The elections taking place on 7 May are not a normal set of local and devolved contests. They are, taken together, the most comprehensive stress test of Britain’s political settlement since the post-war consensus was built. Three separate votes — English local council elections across 136 authorities, the Scottish Parliament election at Holyrood, and the Welsh Senedd election — are taking place simultaneously. The results will reshape local government, devolved parliaments, and the strategic calculation of every party leader in the country.

And for the first time, the story is not being written by the two old parties. It is being written around them, and sometimes against them.

What the numbers say — and what they mean

Let us start where political analysis must always start: with the evidence.

YouGov’s most recent voting intention poll, conducted on 12 and 13 April 2026 for The Times and Sky News, produced a result that would have been considered science fiction five years ago. Reform UK leads on 24 per cent. The Conservatives stand at 19 per cent. The Green Party sits at 18 per cent. Labour, the party of government, trails in fourth on 17 per cent. The Liberal Democrats are on 13 per cent.

Read that again. The governing party of the United Kingdom is polling in fourth place nationally.

This is not an outlier.

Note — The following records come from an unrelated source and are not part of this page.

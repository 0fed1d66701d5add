ghost use Rattle.map_defs.specs.Laws.{Laws};
ghost use Rattle.map_defs.specs.Rows.{links_of};
ghost use Rattle.map_defs.specs.Kind.{alpha, beta};
ghost use Rattle.std.specs.Prelude.{◌≤◌};

use crate::maps::{apply, check_rows, polygon, sew, unsew};
use link_rows::Links;
use map_close::{alpha, beta};
use map_kind::{Alpha, Beta};
use std::alloc::Global;
use std::process::Abort;
use std::test::Fail;

/// Two triangles of a generalized map with a common edge, closed at link 2.
#[rattlefmt::skip]
const CLOSED_PAIR_GENERALIZED: [u32; 60] = [
    2, 6, 7,
    1, 3, 8,
    4, 2, 13,
    3, 5, 14,
    6, 4, 15,
    5, 1, 16,
    8, 12, 1,
    7, 9, 2,
    10, 8, 17,
    9, 11, 18,
    12, 10, 19,
    11, 7, 20,
    14, 17, 3,
    13, 15, 4,
    16, 14, 5,
    15, 20, 6,
    18, 13, 9,
    17, 19, 10,
    20, 18, 11,
    19, 16, 12,
];

/// A triangle of a generalized map that is open at a corner, closed at link 2.
#[rattlefmt::skip]
const CLOSED_PATH_GENERALIZED: [u32; 36] = [
    2, 6, 7,
    1, 0, 8,
    4, 0, 9,
    3, 5, 10,
    6, 4, 11,
    5, 1, 12,
    8, 12, 1,
    7, 0, 2,
    10, 0, 3,
    9, 11, 4,
    12, 10, 5,
    11, 7, 6,
];

/// A triangle of a generalized map that is open in a side and at a corner, closed at link 0.
#[rattlefmt::skip]
const CLOSED_AT_LINK_ZERO: [u32; 24] = [
    7, 6, 0,
    8, 0, 0,
    4, 0, 0,
    3, 5, 0,
    6, 4, 0,
    5, 1, 0,
    1, 0, 0,
    2, 0, 0,
];

/// The same, closed at link 1 thereafter.
#[rattlefmt::skip]
const CLOSED_AT_LINK_ONE: [u32; 36] = [
    7, 6, 0,
    8, 9, 0,
    4, 10, 0,
    3, 5, 0,
    6, 4, 0,
    5, 1, 0,
    1, 11, 0,
    2, 12, 0,
    12, 2, 0,
    11, 3, 0,
    10, 7, 0,
    9, 8, 0,
];

/// A square of a combinatorial map, closed at link 2.
#[rattlefmt::skip]
const CLOSED_SQUARE_COMBINATORIAL: [u32; 24] = [
    4, 2, 5,
    1, 3, 6,
    2, 4, 7,
    3, 1, 8,
    6, 8, 1,
    7, 5, 2,
    8, 6, 3,
    5, 7, 4,
];

/// Two triangles of a combinatorial map with a common edge at whose one end a face is open, closed at link 2.
#[rattlefmt::skip]
const CLOSED_PATH_COMBINATORIAL: [u32; 30] = [
    3, 2, 4,
    1, 0, 7,
    0, 1, 8,
    6, 5, 1,
    4, 6, 9,
    5, 4, 10,
    0, 10, 2,
    9, 0, 3,
    10, 8, 5,
    7, 9, 6,
];

/// A tetrahedron of a combinatorial map, closed at link 3.
#[rattlefmt::skip]
const CLOSED_TETRAHEDRON: [u32; 96] = [
    3, 2, 4, 13,
    1, 3, 7, 14,
    2, 1, 10, 15,
    6, 5, 1, 16,
    4, 6, 12, 17,
    5, 4, 8, 18,
    9, 8, 2, 19,
    7, 9, 6, 20,
    8, 7, 11, 21,
    12, 11, 3, 22,
    10, 12, 9, 23,
    11, 10, 5, 24,
    14, 15, 16, 1,
    15, 13, 19, 2,
    13, 14, 22, 3,
    17, 18, 13, 4,
    18, 16, 24, 5,
    16, 17, 20, 6,
    20, 21, 14, 7,
    21, 19, 18, 8,
    19, 20, 23, 9,
    23, 24, 15, 10,
    24, 22, 21, 11,
    22, 23, 17, 12,
];

/// Closes a generalized map at a link.
fn close_alpha<const DIM: usize>(
    rt: &impl Abort,
    alloc: Global,
    links: &mut Links<Alpha, DIM>,
    link: usize,
)
    requires link { link ≤ DIM }
    requires laws { Laws alpha (links_of links.old.rows) }
    ensures { Laws alpha (links_of links.new.rows) }
{
    match alpha::close_plan(alloc, links, link) {
        Ok(edit) => apply(rt, links, &edit),
        Err(_) => panic!(rt; "no memory"),
    }
}

/// Closes a combinatorial map at a link.
fn close_beta<const DIM: usize>(
    rt: &impl Abort,
    alloc: Global,
    links: &mut Links<Beta, DIM>,
    link: usize,
)
    requires low { 2 ≤ link }
    requires link { link ≤ DIM }
    requires laws { Laws beta (links_of links.old.rows) }
    ensures { Laws beta (links_of links.new.rows) }
{
    match beta::close_plan(alloc, links, link) {
        Ok(edit) => apply(rt, links, &edit),
        Err(_) => panic!(rt; "no memory"),
    }
}

#[test]
fn generalized_boundaries_are_closed(rt: HostRuntime) -> Result<(), Fail> {
    let alloc = rt.alloc();
    let mut links = Links::<Alpha, 2>::new(alloc);
    polygon(&rt, alloc, &mut links, 3);
    polygon(&rt, alloc, &mut links, 3);
    sew(&rt, alloc, &mut links, 2, 1, 7);
    close_alpha(&rt, alloc, &mut links, 2);
    check_rows(&rt, alloc, &links, 20, &CLOSED_PAIR_GENERALIZED);
    let mut links = Links::<Alpha, 2>::new(alloc);
    polygon(&rt, alloc, &mut links, 3);
    unsew(&rt, alloc, &mut links, 1, 2);
    close_alpha(&rt, alloc, &mut links, 2);
    check_rows(&rt, alloc, &links, 12, &CLOSED_PATH_GENERALIZED);
    Ok(())
}

#[test]
fn a_generalized_map_is_closed_link_by_link(rt: HostRuntime) -> Result<(), Fail> {
    let alloc = rt.alloc();
    let mut links = Links::<Alpha, 2>::new(alloc);
    polygon(&rt, alloc, &mut links, 3);
    unsew(&rt, alloc, &mut links, 0, 1);
    unsew(&rt, alloc, &mut links, 1, 3);
    close_alpha(&rt, alloc, &mut links, 0);
    check_rows(&rt, alloc, &links, 8, &CLOSED_AT_LINK_ZERO);
    close_alpha(&rt, alloc, &mut links, 1);
    check_rows(&rt, alloc, &links, 12, &CLOSED_AT_LINK_ONE);
    match alpha::close_plan(alloc, &links, 1) {
        Ok(edit) => assert_eq!(&rt; edit.births, 0),
        Err(_) => panic!(&rt; "no memory"),
    }
    Ok(())
}

#[test]
fn combinatorial_boundaries_are_closed(rt: HostRuntime) -> Result<(), Fail> {
    let alloc = rt.alloc();
    let mut links = Links::<Beta, 2>::new(alloc);
    polygon(&rt, alloc, &mut links, 4);
    close_beta(&rt, alloc, &mut links, 2);
    check_rows(&rt, alloc, &links, 8, &CLOSED_SQUARE_COMBINATORIAL);
    let mut links = Links::<Beta, 2>::new(alloc);
    polygon(&rt, alloc, &mut links, 3);
    polygon(&rt, alloc, &mut links, 3);
    sew(&rt, alloc, &mut links, 2, 1, 4);
    unsew(&rt, alloc, &mut links, 1, 2);
    close_beta(&rt, alloc, &mut links, 2);
    check_rows(&rt, alloc, &links, 10, &CLOSED_PATH_COMBINATORIAL);
    Ok(())
}

#[test]
fn a_combinatorial_volume_is_closed(rt: HostRuntime) -> Result<(), Fail> {
    let alloc = rt.alloc();
    let mut links = Links::<Beta, 3>::new(alloc);
    polygon(&rt, alloc, &mut links, 3);
    polygon(&rt, alloc, &mut links, 3);
    polygon(&rt, alloc, &mut links, 3);
    polygon(&rt, alloc, &mut links, 3);
    sew(&rt, alloc, &mut links, 2, 1, 4);
    sew(&rt, alloc, &mut links, 2, 2, 7);
    sew(&rt, alloc, &mut links, 2, 3, 10);
    sew(&rt, alloc, &mut links, 2, 5, 12);
    sew(&rt, alloc, &mut links, 2, 6, 8);
    sew(&rt, alloc, &mut links, 2, 9, 11);
    close_beta(&rt, alloc, &mut links, 3);
    check_rows(&rt, alloc, &links, 24, &CLOSED_TETRAHEDRON);
    Ok(())
}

The Electoral Reform Society’s polling average for March 2026, compiled from twelve different polling organisations including Ipsos, Survation, Opinium and YouGov, showed the combined Conservative and Labour vote share at just 37.1 per cent — a collapse from the 57.4 per cent they jointly achieved at the 2024 general election, itself described at the time as a historic low. The Green Party’s vote share in that average represented its highest monthly figure since the party’s formation.

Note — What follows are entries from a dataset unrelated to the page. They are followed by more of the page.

ghost use Rattle.map_defs.specs.Laws.{Laws};
ghost use Rattle.map_defs.specs.Rows.{links_of};
ghost use Rattle.map_defs.specs.Kind.{alpha, beta};

use crate::maps::{apply, check_refusal, check_rows, dart, polygon, sew, unsew};
use face_center::{alpha, beta};
use link_rows::Links;
use map_kind::{Alpha, Beta, Refusal, Refused};
use std::alloc::Global;
use std::process::Abort;
use std::test::Fail;

/// A triangle of a generalized map with a dangling edge at the corner of dart 1.
#[rattlefmt::skip]
const DANGLED_TRIANGLE_GENERALIZED: [u32; 30] = [
    2, 7, 0,
    1, 3, 0,
    4, 2, 0,
    3, 5, 0,
    6, 4, 0,
    5, 8, 0,
    9, 1, 8,
    10, 6, 7,
    7, 10, 10,
    8, 9, 9,
];

/// A triangle of a generalized map with a vertex in the middle.
#[rattlefmt::skip]
const CENTRED_TRIANGLE_GENERALIZED: [u32; 54] = [
    2, 7, 0,
    1, 8, 0,
    4, 9, 0,
    3, 10, 0,
    6, 11, 0,
    5, 12, 0,
    13, 1, 12,
    14, 2, 9,
    15, 3, 8,
    16, 4, 11,
    17, 5, 10,
    18, 6, 7,
    7, 14, 18,
    8, 13, 15,
    9, 16, 14,
    10, 15, 17,
    11, 18, 16,
    12, 17, 13,
];

/// A square of a generalized map with a vertex in the middle.
#[rattlefmt::skip]
const CENTRED_SQUARE_GENERALIZED: [u32; 72] = [
    2, 9, 0,
    1, 10, 0,
    4, 11, 0,
    3, 12, 0,
    6, 13, 0,
    5, 14, 0,
    8, 15, 0,
    7, 16, 0,
    17, 1, 16,
    18, 2, 11,
    19, 3, 10,
    20, 4, 13,
    21, 5, 12,
    22, 6, 15,
    23, 7, 14,
    24, 8, 9,
    9, 18, 24,
    10, 17, 19,
    11, 20, 18,
    12, 19, 21,
    13, 22, 20,
    14, 21, 23,
    15, 24, 22,
    16, 23, 17,
];

/// Two triangles that are the two sides of one face of a generalized map, with a dangling edge at the corner of dart 1.
#[rattlefmt::skip]
const DANGLED_SIDES_GENERALIZED: [u32; 80] = [
    2, 13, 0, 7,
    1, 3, 0, 8,
    4, 2, 0, 9,
    3, 5, 0, 10,
    6, 4, 0, 11,
    5, 14, 0, 12,
    8, 15, 0, 1,
    7, 9, 0, 2,
    10, 8, 0, 3,
    9, 11, 0, 4,
    12, 10, 0, 5,
    11, 16, 0, 6,
    17, 1, 14, 15,
    18, 6, 13, 16,
    19, 7, 16, 13,
    20, 12, 15, 14,
    13, 18, 18, 19,
    14, 17, 17, 20,
    15, 20, 20, 17,
    16, 19, 19, 18,
];

/// Two triangles that are the two sides of one face of a generalized map, with a vertex in the middle.
#[rattlefmt::skip]
const CENTRED_SIDES_GENERALIZED: [u32; 144] = [
    2, 13, 0, 7,
    1, 14, 0, 8,
    4, 15, 0, 9,
    3, 16, 0, 10,
    6, 17, 0, 11,
    5, 18, 0, 12,
    8, 19, 0, 1,
    7, 20, 0, 2,
    10, 21, 0, 3,
    9, 22, 0, 4,
    12, 23, 0, 5,
    11, 24, 0, 6,
    25, 1, 18, 19,
    26, 2, 15, 20,
    27, 3, 14, 21,
    28, 4, 17, 22,
    29, 5, 16, 23,
    30, 6, 13, 24,
    31, 7, 24, 13,
    32, 8, 21, 14,
    33, 9, 20, 15,
    34, 10, 23, 16,
    35, 11, 22, 17,
    36, 12, 19, 18,
    13, 26, 30, 31,
    14, 25, 27, 32,
    15, 28, 26, 33,
    16, 27, 29, 34,
    17, 30, 28, 35,
    18, 29, 25, 36,
    19, 32, 36, 25,
    20, 31, 33, 26,
    21, 34, 32, 27,
    22, 33, 35, 28,
    23, 36, 34, 29,
    24, 35, 31, 30,
];

/// A triangle of a combinatorial map with a dangling edge at the corner of dart 1.
#[rattlefmt::skip]
const DANGLED_TRIANGLE_COMBINATORIAL: [u32; 15] = [
    5, 2, 0,
    1, 3, 0,
    2, 4, 0,
    3, 5, 5,
    4, 1, 4,
];

/// A triangle of a combinatorial map with a vertex in the middle.
#[rattlefmt::skip]
const CENTRED_TRIANGLE_COMBINATORIAL: [u32; 27] = [
    7, 4, 0,
    8, 5, 0,
    9, 6, 0,
    1, 7, 8,
    2, 8, 9,
    3, 9, 7,
    4, 1, 6,
    5, 2, 4,
    6, 3, 5,
];

/// A square of a combinatorial map with a vertex in the middle.
#[rattlefmt::skip]
const CENTRED_SQUARE_COMBINATORIAL: [u32; 36] = [
    9, 5, 0,
    10, 6, 0,
    11, 7, 0,
    12, 8, 0,
    1, 9, 10,
    2, 10, 11,
    3, 11, 12,
    4, 12, 9,
    5, 1, 8,
    6, 2, 5,
    7, 3, 6,
    8, 4, 7,
];

/// Two triangles that are the two sides of one face of a combinatorial map, with a dangling edge at the corner of dart 1.
#[rattlefmt::skip]
const DANGLED_SIDES_COMBINATORIAL: [u32; 40] = [
    9, 2, 0, 4,
    1, 3, 0, 6,
    2, 7, 0, 5,
    6, 8, 0, 1,
    10, 6, 0, 3,
    5, 4, 0, 2,
    3, 9, 9, 10,
    4, 10, 10, 9,
    7, 1, 7, 8,
    8, 5, 8, 7,
];

/// Two triangles that are the two sides of one face of a combinatorial map, with a vertex in the middle.
#[rattlefmt::skip]
const CENTRED_SIDES_COMBINATORIAL: [u32; 72] = [
    13, 7, 0, 4,
    14, 8, 0, 6,
    15, 9, 0, 5,
    16, 10, 0, 1,
    17, 11, 0, 3,
    18, 12, 0, 2,
    1, 13, 14, 16,
    2, 14, 15, 18,
    3, 15, 13, 17,
    4, 16, 17, 13,
    5, 17, 18, 15,
    6, 18, 16, 14,
    7, 1, 9, 10,
    8, 2, 7, 12,
    9, 3, 8, 11,
    10, 4, 12, 7,
    11, 5, 10, 9,
    12, 6, 11, 8,
];

/// Hangs a dangling edge at the corner of a dart of a generalized map.
fn dangle_alpha<const DIM: usize>(
    rt: &impl Abort,
    alloc: Global,
    links: &mut Links<Alpha, DIM>,
    number: u32,
)
    requires { Laws alpha (links_of links.old.rows) }
{
    let dart = dart(rt, links, number);
    match alpha::dangle_plan(alloc, links, dart) {
        Ok(edit) => apply(rt, links, &edit),
        Err(_) => panic!(rt; "no edge"),
    }
}

/// Makes a vertex in the middle of the face of a dart of a generalized map.
fn center_alpha<const DIM: usize>(
    rt: &impl Abort,
    alloc: Global,
    links: &mut Links<Alpha, DIM>,
    number: u32,
)
    requires { Laws alpha (links_of links.old.rows) }
{
    let dart = dart(rt, links, number);
    match alpha::center_plan(alloc, links, dart) {
        Ok(edit) => apply(rt, links, &edit),
        Err(_) => panic!(rt; "no centre"),
    }
}

/// Hangs a dangling edge at the corner of a dart of a combinatorial map.
fn dangle_beta<const DIM: usize>(
    rt: &impl Abort,
    alloc: Global,
    links: &mut Links<Beta, DIM>,
    number: u32,
)
    requires { Laws beta (links_of links.old.rows) }
{
    let dart = dart(rt, links, number);
    match beta::dangle_plan(alloc, links, dart) {
        Ok(edit) => apply(rt, links, &edit),
        Err(_) => panic!(rt; "no edge"),
    }
}

/// Makes a vertex in the middle of the face of a dart of a combinatorial map.
fn center_beta<const DIM: usize>(
    rt: &impl Abort,
    alloc: Global,
    links: &mut Links<Beta, DIM>,
    number: u32,
)
    requires { Laws beta (links_of links.old.rows) }
{
    let dart = dart(rt, links, number);
    match beta::center_plan(alloc, links, dart) {
        Ok(edit) => apply(rt, links, &edit),
        Err(_) => panic!(rt; "no centre"),
    }
}

#[test]
fn edges_are_hung_in_a_generalized_triangle(rt: HostRuntime) -> Result<(), Fail> {
    let alloc = rt.alloc();
    let mut links = Links::<Alpha, 2>::new(alloc);
    polygon(&rt, alloc, &mut links, 3);
    dangle_alpha(&rt, alloc, &mut links, 1);
    check_rows(&rt, alloc, &links, 10, &DANGLED_TRIANGLE_GENERALIZED);
    let mut links = Links::<Alpha, 2>::new(alloc);
    polygon(&rt, alloc, &mut links, 3);
    center_alpha(&rt, alloc, &mut links, 1);
    check_rows(&rt, alloc, &links, 18, &CENTRED_TRIANGLE_GENERALIZED);
    Ok(())
}

#[test]
fn a_generalized_square_gets_a_middle(rt: HostRuntime) -> Result<(), Fail> {
    let alloc = rt.alloc();
    let mut links = Links::<Alpha, 2>::new(alloc);
    polygon(&rt, alloc, &mut links, 4);
    center_alpha(&rt, alloc, &mut links, 3);
    check_rows(&rt, alloc, &links, 24, &CENTRED_SQUARE_GENERALIZED);
    Ok(())
}

#[test]
fn edges_are_hung_on_both_sides_of_a_generalized_face(rt: HostRuntime) -> Result<(), Fail> {
    let alloc = rt.alloc();
    let mut links = Links::<Alpha, 3>::new(alloc);
    polygon(&rt, alloc, &mut links, 3);
    polygon(&rt, alloc, &mut links, 3);
    sew(&rt, alloc, &mut links, 3, 1, 7);
    dangle_alpha(&rt, alloc, &mut links, 1);
    check_rows(&rt, alloc, &links, 20, &DANGLED_SIDES_GENERALIZED);
    let mut links = Links::<Alpha, 3>::new(alloc);
    polygon(&rt, alloc, &mut links, 3);
    polygon(&rt, alloc, &mut links, 3);
    sew(&rt, alloc, &mut links, 3, 1, 7);
    center_alpha(&rt, alloc, &mut links, 1);
    check_rows(&rt, alloc, &links, 36, &CENTRED_SIDES_GENERALIZED);
    Ok(())
}

#[test]
fn an_open_generalized_face_has_no_middle(rt: HostRuntime) -> Result<(), Fail> {
    let alloc = rt.alloc();
    let mut links = Links::<Alpha, 2>::new(alloc);
    polygon(&rt, alloc, &mut links, 3);
    unsew(&rt, alloc, &mut links, 1, 2);
    let planned = alpha::center_plan(alloc, &links, dart(&rt, &links, 5));
    check_refusal(&rt, planned, Refused::Line(Refusal::NotClosed));
    Ok(())
}

#[test]
fn edges_are_hung_in_a_combinatorial_triangle(rt: HostRuntime) -> Result<(), Fail> {
    let alloc = rt.alloc();
    let mut links = Links::<Beta, 2>::new(alloc);
    polygon(&rt, alloc, &mut links, 3);
    dangle_beta(&rt, alloc, &mut links, 1);
    check_rows(&rt, alloc, &links, 5, &DANGLED_TRIANGLE_COMBINATORIAL);
    let mut links = Links::<Beta, 2>::new(alloc);
    polygon(&rt, alloc, &mut links, 3);
    center_beta(&rt, alloc, &mut links, 1);
    check_rows(&rt, alloc, &links, 9, &CENTRED_TRIANGLE_COMBINATORIAL);
    Ok(())
}

#[test]
fn a_combinatorial_square_gets_a_middle(rt: HostRuntime) -> Result<(), Fail> {
    let alloc = rt.alloc();
    let mut links = Links::<Beta, 2>::new(alloc);
    polygon(&rt, alloc, &mut links, 4);
    center_beta(&rt, alloc, &mut links, 3);
    check_rows(&rt, alloc, &links, 12, &CENTRED_SQUARE_COMBINATORIAL);
    Ok(())
}

#[test]
fn edges_are_hung_on_both_sides_of_a_combinatorial_face(rt: HostRuntime) -> Result<(), Fail> {
    let alloc = rt.alloc();
    let mut links = Links::<Beta, 3>::new(alloc);
    polygon(&rt, alloc, &mut links, 3);
    polygon(&rt, alloc, &mut links, 3);
    sew(&rt, alloc, &mut links, 3, 1, 4);
    dangle_beta(&rt, alloc, &mut links, 1);
    check_rows(&rt, alloc, &links, 10, &DANGLED_SIDES_COMBINATORIAL);
    let mut links = Links::<Beta, 3>::new(alloc);
    polygon(&rt, alloc, &mut links, 3);
    polygon(&rt, alloc, &mut links, 3);
    sew(&rt, alloc, &mut links, 3, 1, 4);
    center_beta(&rt, alloc, &mut links, 1);
    check_rows(&rt, alloc, &links, 18, &CENTRED_SIDES_COMBINATORIAL);
    Ok(())
}

#[test]
fn an_open_combinatorial_face_has_no_middle(rt: HostRuntime) -> Result<(), Fail> {
    let alloc = rt.alloc();
    let mut links = Links::<Beta, 2>::new(alloc);
    polygon(&rt, alloc, &mut links, 3);
    unsew(&rt, alloc, &mut links, 1, 2);
    let planned = beta::center_plan(alloc, &links, dart(&rt, &links, 1));
    check_refusal(&rt, planned, Refused::Line(Refusal::NotClosed));
    let planned = beta::dangle_plan(alloc, &links, dart(&rt, &links, 3));
    check_refusal(&rt, planned, Refused::Line(Refusal::Unpaired));
    Ok(())
}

PollCheck’s seven-poll moving average, which aggregates data from YouGov, Opinium, Survation and others on a rolling basis, currently shows Reform UK on 28 per cent, Labour on 20 per cent, and the Conservatives on 18 per cent at the national level.

These are not numbers that speak of political turbulence. They speak of political transformation.

But what does political transformation actually mean? Not in the abstract, but concretely — for the bins that get collected, the planning applications that get approved or refused, the rent you pay, the trees in the park, the social worker who may or may not return your call?

That is what this article is about.

England: 4,851 seats and the battle for local power

In England on 7 May, voters will elect councillors to fill 4,851 seats across 136 local authorities. This includes all 32 London borough councils, 32 metropolitan boroughs, 18 unitary authorities, six county councils, and 48 district councils. Six directly elected local authority mayors are also on the ballot.

Most of these seats were last contested in 2022. That matters because it means Labour is defending positions it won during a very different political climate, before the cost of living crisis deepened, before the scandals surrounding the Mandelson appointment and subsequent revelations, before Reform UK became a genuinely national force. The Institute for Government notes that Labour is defending more than 2,500 seats in England alone.

What Reform UK winning councils means for your daily life

Reform UK won majorities in ten of the twenty-three English councils contested in May 2025. In 2026, with a larger and more Labour-heavy set of councils on the ballot, the scale of potential gains is significantly greater.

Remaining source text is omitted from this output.